▶ _Your instructions_
Where a line holds the word "after", copy that line from the data below.

Dataset entries:
· · · · · · ·

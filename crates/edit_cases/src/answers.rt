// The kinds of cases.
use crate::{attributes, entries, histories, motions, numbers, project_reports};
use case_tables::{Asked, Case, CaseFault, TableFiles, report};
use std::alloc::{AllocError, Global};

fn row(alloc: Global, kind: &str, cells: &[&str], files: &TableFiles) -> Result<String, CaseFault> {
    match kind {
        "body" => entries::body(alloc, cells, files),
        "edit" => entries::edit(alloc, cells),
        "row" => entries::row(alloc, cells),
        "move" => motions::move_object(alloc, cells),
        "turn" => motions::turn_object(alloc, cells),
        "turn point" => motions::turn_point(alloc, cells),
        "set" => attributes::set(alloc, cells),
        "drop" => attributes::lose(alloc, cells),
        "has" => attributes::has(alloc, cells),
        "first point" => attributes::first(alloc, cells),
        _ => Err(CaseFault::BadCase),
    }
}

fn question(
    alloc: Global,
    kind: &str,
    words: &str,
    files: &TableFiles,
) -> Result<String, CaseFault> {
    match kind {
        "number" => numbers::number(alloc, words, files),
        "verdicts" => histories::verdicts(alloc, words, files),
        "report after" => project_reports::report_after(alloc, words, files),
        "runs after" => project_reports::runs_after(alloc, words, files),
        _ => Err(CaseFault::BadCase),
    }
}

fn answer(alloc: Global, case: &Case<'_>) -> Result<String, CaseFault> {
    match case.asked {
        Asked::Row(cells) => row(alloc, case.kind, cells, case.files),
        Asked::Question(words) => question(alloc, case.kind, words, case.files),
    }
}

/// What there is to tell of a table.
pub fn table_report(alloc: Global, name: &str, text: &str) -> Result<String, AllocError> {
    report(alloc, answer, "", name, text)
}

· · · · · · ·

▶ _Task output_
        "report after" => project_reports::report_after(alloc, words, files),
        "runs after" => project_reports::runs_after(alloc, words, files),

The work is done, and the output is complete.